= Beginning of Section =

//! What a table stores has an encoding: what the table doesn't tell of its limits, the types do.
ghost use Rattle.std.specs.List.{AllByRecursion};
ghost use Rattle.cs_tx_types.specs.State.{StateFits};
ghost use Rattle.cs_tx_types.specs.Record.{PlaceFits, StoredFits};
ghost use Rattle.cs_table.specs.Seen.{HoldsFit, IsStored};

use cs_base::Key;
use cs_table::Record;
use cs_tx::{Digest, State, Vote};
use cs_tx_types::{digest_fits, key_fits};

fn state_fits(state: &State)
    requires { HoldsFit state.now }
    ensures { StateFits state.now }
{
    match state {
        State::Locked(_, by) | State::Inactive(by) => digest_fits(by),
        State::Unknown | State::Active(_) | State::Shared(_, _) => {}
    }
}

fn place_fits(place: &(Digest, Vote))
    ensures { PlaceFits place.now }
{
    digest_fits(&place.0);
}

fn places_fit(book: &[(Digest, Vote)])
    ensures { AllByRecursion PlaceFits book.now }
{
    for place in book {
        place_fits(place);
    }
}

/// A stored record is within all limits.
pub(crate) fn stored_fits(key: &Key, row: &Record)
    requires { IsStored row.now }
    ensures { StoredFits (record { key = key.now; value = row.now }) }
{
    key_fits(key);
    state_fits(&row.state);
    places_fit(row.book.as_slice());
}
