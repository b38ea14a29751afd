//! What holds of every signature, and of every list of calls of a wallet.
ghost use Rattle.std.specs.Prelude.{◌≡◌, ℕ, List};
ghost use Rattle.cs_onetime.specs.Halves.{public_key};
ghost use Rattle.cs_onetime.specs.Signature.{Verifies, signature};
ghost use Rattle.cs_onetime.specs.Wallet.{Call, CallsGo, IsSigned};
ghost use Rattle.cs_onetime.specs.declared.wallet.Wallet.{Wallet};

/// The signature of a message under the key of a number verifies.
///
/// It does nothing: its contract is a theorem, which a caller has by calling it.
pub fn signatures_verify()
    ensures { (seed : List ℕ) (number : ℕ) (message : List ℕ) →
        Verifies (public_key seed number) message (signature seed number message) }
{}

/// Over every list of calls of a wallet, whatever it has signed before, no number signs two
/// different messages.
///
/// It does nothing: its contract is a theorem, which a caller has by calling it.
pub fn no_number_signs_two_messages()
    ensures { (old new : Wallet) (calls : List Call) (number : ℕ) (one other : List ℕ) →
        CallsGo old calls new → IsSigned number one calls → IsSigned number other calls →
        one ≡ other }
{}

= End of Section =
= Beginning of Section =

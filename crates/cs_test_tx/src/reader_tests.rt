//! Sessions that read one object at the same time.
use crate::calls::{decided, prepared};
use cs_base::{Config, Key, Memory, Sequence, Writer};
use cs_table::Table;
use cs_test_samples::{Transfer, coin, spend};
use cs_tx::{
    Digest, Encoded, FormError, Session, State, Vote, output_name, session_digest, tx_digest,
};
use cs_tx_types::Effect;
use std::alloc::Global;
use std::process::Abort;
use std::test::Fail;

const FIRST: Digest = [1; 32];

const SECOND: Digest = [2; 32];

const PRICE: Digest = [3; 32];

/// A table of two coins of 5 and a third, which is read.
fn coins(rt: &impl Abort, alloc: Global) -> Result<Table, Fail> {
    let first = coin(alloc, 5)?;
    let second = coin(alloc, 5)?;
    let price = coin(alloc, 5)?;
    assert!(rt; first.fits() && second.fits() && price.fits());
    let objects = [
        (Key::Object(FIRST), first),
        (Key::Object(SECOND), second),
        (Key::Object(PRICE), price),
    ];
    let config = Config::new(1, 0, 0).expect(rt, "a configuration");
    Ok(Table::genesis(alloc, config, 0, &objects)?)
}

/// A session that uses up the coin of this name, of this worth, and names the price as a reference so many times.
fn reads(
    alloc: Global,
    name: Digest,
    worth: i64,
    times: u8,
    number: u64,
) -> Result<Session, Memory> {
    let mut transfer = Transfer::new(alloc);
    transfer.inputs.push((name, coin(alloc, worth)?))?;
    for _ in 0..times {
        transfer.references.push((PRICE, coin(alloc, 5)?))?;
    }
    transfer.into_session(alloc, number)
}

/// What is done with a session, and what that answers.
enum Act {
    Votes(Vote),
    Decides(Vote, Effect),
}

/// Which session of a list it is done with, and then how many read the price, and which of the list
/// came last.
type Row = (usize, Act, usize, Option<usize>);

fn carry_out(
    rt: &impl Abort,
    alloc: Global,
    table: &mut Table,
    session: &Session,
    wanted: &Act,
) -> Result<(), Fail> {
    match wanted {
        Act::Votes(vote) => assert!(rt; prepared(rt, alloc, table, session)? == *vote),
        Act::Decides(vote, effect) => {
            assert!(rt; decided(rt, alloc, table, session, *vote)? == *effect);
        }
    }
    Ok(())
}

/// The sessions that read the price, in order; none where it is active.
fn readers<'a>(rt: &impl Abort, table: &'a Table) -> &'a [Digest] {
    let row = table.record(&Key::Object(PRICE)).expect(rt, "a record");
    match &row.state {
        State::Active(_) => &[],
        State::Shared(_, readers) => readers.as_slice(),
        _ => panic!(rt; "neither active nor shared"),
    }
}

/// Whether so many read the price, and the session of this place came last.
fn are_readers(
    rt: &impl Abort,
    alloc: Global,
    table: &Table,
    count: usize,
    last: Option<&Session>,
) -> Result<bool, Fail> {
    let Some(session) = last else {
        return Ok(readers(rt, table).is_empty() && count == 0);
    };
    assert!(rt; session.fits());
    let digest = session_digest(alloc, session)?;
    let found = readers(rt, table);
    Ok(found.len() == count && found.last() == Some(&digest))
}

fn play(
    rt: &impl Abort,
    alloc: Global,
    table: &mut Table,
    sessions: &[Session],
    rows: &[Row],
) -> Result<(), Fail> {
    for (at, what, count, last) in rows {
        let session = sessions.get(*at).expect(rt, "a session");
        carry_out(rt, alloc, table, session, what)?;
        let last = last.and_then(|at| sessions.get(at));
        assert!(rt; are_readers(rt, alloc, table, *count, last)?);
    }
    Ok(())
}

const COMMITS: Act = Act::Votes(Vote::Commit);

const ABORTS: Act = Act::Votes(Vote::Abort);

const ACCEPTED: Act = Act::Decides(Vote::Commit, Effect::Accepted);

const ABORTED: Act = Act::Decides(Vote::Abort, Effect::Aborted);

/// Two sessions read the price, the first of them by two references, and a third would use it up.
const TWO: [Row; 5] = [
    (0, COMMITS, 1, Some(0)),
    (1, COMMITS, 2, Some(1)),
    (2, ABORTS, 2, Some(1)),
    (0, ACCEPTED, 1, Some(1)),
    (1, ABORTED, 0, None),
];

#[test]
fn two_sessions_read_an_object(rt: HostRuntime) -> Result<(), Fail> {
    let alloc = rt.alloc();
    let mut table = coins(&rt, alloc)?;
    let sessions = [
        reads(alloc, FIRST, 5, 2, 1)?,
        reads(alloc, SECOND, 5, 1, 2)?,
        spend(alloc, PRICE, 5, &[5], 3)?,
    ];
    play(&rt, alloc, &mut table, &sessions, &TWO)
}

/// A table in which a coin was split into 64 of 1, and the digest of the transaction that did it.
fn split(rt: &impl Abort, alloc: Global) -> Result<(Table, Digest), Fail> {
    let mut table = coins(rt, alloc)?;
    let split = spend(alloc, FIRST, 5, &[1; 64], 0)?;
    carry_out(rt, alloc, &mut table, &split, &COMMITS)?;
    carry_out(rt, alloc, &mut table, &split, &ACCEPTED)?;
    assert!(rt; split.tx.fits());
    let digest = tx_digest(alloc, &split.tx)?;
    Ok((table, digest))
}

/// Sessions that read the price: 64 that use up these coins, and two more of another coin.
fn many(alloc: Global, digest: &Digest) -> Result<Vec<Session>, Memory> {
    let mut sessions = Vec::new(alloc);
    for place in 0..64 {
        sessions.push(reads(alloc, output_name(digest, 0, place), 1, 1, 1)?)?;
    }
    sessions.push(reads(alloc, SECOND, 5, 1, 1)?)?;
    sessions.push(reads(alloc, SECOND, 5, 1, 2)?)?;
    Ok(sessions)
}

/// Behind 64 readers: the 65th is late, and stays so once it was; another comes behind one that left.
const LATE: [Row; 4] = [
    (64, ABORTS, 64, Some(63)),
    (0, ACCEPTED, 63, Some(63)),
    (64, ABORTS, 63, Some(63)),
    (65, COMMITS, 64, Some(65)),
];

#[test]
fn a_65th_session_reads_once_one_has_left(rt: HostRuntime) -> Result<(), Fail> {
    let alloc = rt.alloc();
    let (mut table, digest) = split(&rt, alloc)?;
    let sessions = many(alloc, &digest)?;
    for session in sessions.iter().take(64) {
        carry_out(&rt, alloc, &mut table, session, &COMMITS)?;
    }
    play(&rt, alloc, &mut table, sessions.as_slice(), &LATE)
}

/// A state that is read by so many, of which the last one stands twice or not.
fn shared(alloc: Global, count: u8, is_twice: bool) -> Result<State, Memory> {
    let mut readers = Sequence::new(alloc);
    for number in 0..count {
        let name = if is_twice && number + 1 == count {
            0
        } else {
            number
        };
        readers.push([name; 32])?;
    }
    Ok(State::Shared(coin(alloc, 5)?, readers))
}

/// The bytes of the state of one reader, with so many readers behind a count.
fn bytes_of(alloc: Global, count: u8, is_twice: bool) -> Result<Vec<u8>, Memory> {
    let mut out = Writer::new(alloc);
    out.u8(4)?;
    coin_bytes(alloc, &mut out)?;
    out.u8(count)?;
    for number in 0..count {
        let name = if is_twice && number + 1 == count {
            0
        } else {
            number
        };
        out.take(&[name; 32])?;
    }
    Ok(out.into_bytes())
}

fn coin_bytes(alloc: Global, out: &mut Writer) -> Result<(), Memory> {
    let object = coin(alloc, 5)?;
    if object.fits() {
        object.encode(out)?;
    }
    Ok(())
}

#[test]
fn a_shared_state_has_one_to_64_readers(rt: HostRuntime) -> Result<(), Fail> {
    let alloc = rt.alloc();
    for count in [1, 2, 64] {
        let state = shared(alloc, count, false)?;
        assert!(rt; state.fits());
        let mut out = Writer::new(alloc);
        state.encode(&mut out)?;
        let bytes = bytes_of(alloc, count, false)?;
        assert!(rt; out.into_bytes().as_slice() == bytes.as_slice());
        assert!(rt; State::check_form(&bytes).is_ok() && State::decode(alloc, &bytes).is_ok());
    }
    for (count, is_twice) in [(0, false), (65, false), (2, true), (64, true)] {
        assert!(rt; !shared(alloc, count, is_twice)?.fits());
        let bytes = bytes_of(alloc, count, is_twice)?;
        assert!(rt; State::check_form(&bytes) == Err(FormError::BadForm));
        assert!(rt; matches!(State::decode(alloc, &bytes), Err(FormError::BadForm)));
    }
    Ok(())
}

= End of Section =
= Beginning of Section =

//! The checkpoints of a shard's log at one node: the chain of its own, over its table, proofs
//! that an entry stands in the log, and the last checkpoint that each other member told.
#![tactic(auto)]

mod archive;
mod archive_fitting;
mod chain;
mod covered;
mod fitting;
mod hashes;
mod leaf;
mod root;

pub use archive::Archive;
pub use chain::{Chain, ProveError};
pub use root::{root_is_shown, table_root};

= End of Section =

All that belongs in your answer is the stretch of entries above from the line with "the types do." through the line with "use cs_base::Key;", printed exactly.

→ **Written answer**
//! What a table stores has an encoding: what the table doesn't tell of its limits, the types do.
ghost use Rattle.std.specs.List.{AllByRecursion};
ghost use Rattle.cs_tx_types.specs.State.{StateFits};
ghost use Rattle.cs_tx_types.specs.Record.{PlaceFits, StoredFits};
ghost use Rattle.cs_table.specs.Seen.{HoldsFit, IsStored};

use cs_base::Key;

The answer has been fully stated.